Les distances des sciences de l’éducation***

Les Facultés d’éducation et les écoles normales supérieures fleurissent aujourd’hui en Afrique. Ces établissements constituent des socles sur lesquels se fondent les autres champs disciplinaires visant non seulement l’instruction et l’enseignement, mais aussi et surtout, l’éducation, dans son acception la plus large.

Aujourd’hui, l’école présente une piètre figure dans les Afriques. L’école nouvelle qui rationalise la vie semble terriblement s’être détachée de la vie.

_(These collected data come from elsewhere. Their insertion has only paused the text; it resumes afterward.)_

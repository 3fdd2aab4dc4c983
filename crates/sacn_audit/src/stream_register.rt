//! The streams of a network, each with its audit.

ghost use Rattle.std.specs.Prelude.{◌≡◌, ◌<◌, ◌++◌, ◌∷◌, [], None, IfOk, length, slice_index_or, slice_set};
ghost use Rattle.std.specs.List.{position};
ghost use Rattle.sacn_audit.specs.declared.limits.TheConstants.{MAX_STREAMS};
ghost use Rattle.sacn_audit.specs.Networks.{sent_since, first_stream, is_of, is_tracked, place_of, stream_after, streams_after};

use crate::audit::StreamAudit;
use crate::delivery::Delivery;
use crate::hints::{Hints, key_of};
use crate::limits::MAX_STREAMS;
use sacn_packets::DataView;
use sacn_sources::NETWORK_DATA_LOSS;
use std::alloc::{AllocError, Global};
use std::marker::Model;

/// A source on a universe, and the audit of its packets there.
#[derive(Drop)]
pub struct AuditedStream {
    /// The universe, 1 to 63999 (E1.31, 6.2.7).
    pub universe: u16,
    /// The source's CID, a UUID (E1.31, 5.6).
    pub cid: [u8; 16],
    /// The source sends it since this moment, in milliseconds: that of the first packet, or of the first one after an end or after more
    /// than 2500 ms of silence, by which a stream is lost (E1.31, 6.7.1).
    pub began: u64,
    pub audit: StreamAudit,
}

impl AuditedStream {
    fn begin(moment: u64, delivery: Delivery, packet: &DataView<'_>) -> Self
        ensures { result ≡ first_stream moment delivery packet.now }
    {
        AuditedStream {
            universe: packet.universe(),
            cid: packet.cid(),
            began: moment,
            audit: StreamAudit::begin(moment, delivery, packet),
        }
    }

    fn hear(&mut self, moment: u64, delivery: Delivery, packet: &DataView<'_>)
        ensures { self.new ≡ stream_after moment delivery packet.now self.old }
    {
        self.began = self.sent_since(moment);
        self.audit.hear(moment, delivery, packet);
    }

    // Since when the source sends the stream, where a packet comes at a moment.
    fn sent_since(&self, moment: u64) -> u64
        ensures { result ≡ sent_since moment self.now }
    {
        let is_lost = moment.saturating_sub(self.audit.moment()) > NETWORK_DATA_LOSS;
        if self.audit.is_ended() || is_lost {
            moment.max(self.audit.moment())
        } else {
            self.began
        }
    }

    /// Whether it is the stream of a source on a universe.
    pub(crate) fn is_of(&self, universe: u16, cid: &[u8; 16]) -> bool
        ensures { result ≡ is_of universe cid.now self.now }
    {
        self.universe == universe && self.cid == *cid
    }
}

/// Up to `MAX_STREAMS` streams in the order in which they appeared, each once.
#[derive(Drop)]
pub(crate) struct StreamRegister {
    streams: Vec<AuditedStream>,
    hints: Hints,
}

impl Model for StreamRegister {
    ghost use Rattle.std.specs.Prelude.{List, ◌≤◌, vec_capacity};
    ghost use Rattle.sacn_audit.specs.declared.limits.TheConstants.{MAX_STREAMS};
    ghost use Rattle.sacn_audit.specs.declared.stream_register.AuditedStream.{AuditedStream};
    ghost use Rattle.sacn_audit.specs.Networks.{AreDistinct};

    ghost Value = { List AuditedStream };

    ghost view = { λ r. r.streams.items };

    ghost invariant = { λ r. (MAX_STREAMS ≤ vec_capacity r.streams) × AreDistinct r.streams.items };
}

impl StreamRegister {
    /// No streams, with all its room taken in two requests.
    ///
    /// Errors: a request was refused.
    pub(crate) fn new(alloc: Global) -> Result<Self, AllocError>
        ensures { IfOk result (λ r. r ≡ []) }
    {
        Ok(StreamRegister {
            streams: Vec::with_capacity(alloc, MAX_STREAMS)?,
            hints: Hints::new(alloc)?,
        })
    }

    pub(crate) fn as_slice(&self) -> &[AuditedStream]
        ensures { result.now ≡ self.now }
    {
        self.streams.as_slice()
    }

    /// A packet: of a stream that is there, or of a further one, where there is room. Returns whether there was.
    pub(crate) fn hear(&mut self, moment: u64, delivery: Delivery, packet: &DataView<'_>) -> bool
        ensures tracked { result ≡ is_tracked packet.now self.old }
        ensures streams { self.new ≡ streams_after moment delivery packet.now self.old }
    {
        match self.place_of(packet.universe(), &packet.cid()) {
            Some(at) => {
                self.hear_at(at, moment, delivery, packet);
                true
            }
            None => self.admit(moment, delivery, packet),
        }
    }

    /// The place of the stream of a source on a universe, as a look at all of them in turn finds it.
    pub(crate) fn place_of(&self, universe: u16, cid: &[u8; 16]) -> Option<usize>
        ensures { result ≡ place_of universe cid.now self.now }
    {
        let place = self.hints.guess(key_of(universe, cid));
        if place < self.streams.len() && self.streams[place].is_of(universe, cid) {
            return Some(place);
        }
        place_in(self.streams.as_slice(), universe, cid)
    }

    // A packet of the stream at a place.
    fn hear_at(&mut self, at: usize, moment: u64, delivery: Delivery, packet: &DataView<'_>)
        requires { at < length self.old }
        ensures { (s : AuditedStream) → self.new ≡ slice_set self.old at (stream_after moment delivery packet.now (slice_index_or self.old at s)) }
    {
        self.streams[at].hear(moment, delivery, packet);
        self.hints
            .keep(key_of(packet.universe(), &packet.cid()), at);
    }

    // The first packet of a stream. Returns whether there was room for it.
    fn admit(&mut self, moment: u64, delivery: Delivery, packet: &DataView<'_>) -> bool
        requires { place_of packet.now.universe packet.now.cid self.old ≡ None }
        ensures tracked { result ≡ is_tracked packet.now self.old }
        ensures streams { self.new ≡ streams_after moment delivery packet.now self.old }
    {
        if self.streams.len() >= MAX_STREAMS {
            return false;
        }
        self.push(AuditedStream::begin(moment, delivery, packet));
        true
    }

    // A stream more, of a source and a universe that no other has.
    fn push(&mut self, stream: AuditedStream)
        requires room { length self.old < MAX_STREAMS }
        requires unknown { place_of stream.universe stream.cid self.old ≡ None }
        ensures { self.new ≡ self.old ++ stream ∷ [] }
    {
        self.hints
            .keep(key_of(stream.universe, &stream.cid), self.streams.len());
        self.streams.push_reserved(stream);
    }
}

// The place of the stream of a source on a universe, by a look at all in turn.
fn place_in(streams: &[AuditedStream], universe: u16, cid: &[u8; 16]) -> Option<usize>
    ensures { result ≡ place_of universe cid.now streams.now }
{
    streams
        .iter()
        .position(|stream| stream.is_of(universe, cid))
}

Les produits de l’école que nous sommes attendent d’entrer dans la vie professionnelle qui se réduit aux bureaux, aux crayons, à la conception des utopies.

De plus, depuis les années 90 qui ont déclenché et instauré la crise, l’école est devenue une institution qui dure, qui prend trop de temps pour donner à manger, pour donner à vivre, pour donner une autre façon de voir la vie. En se détachant du monde pour mieux percevoir le monde.

Les Sciences de l’éducation ont encore de la distance à parcourir en Afrique pour que nous les intégrions. Il ne leur faut encore pourtant que très peu de théories d’apprentissage pour se fondre dans les sciences connexes locales pour conduire l’apprenant vers la socialisation la plus intégrale.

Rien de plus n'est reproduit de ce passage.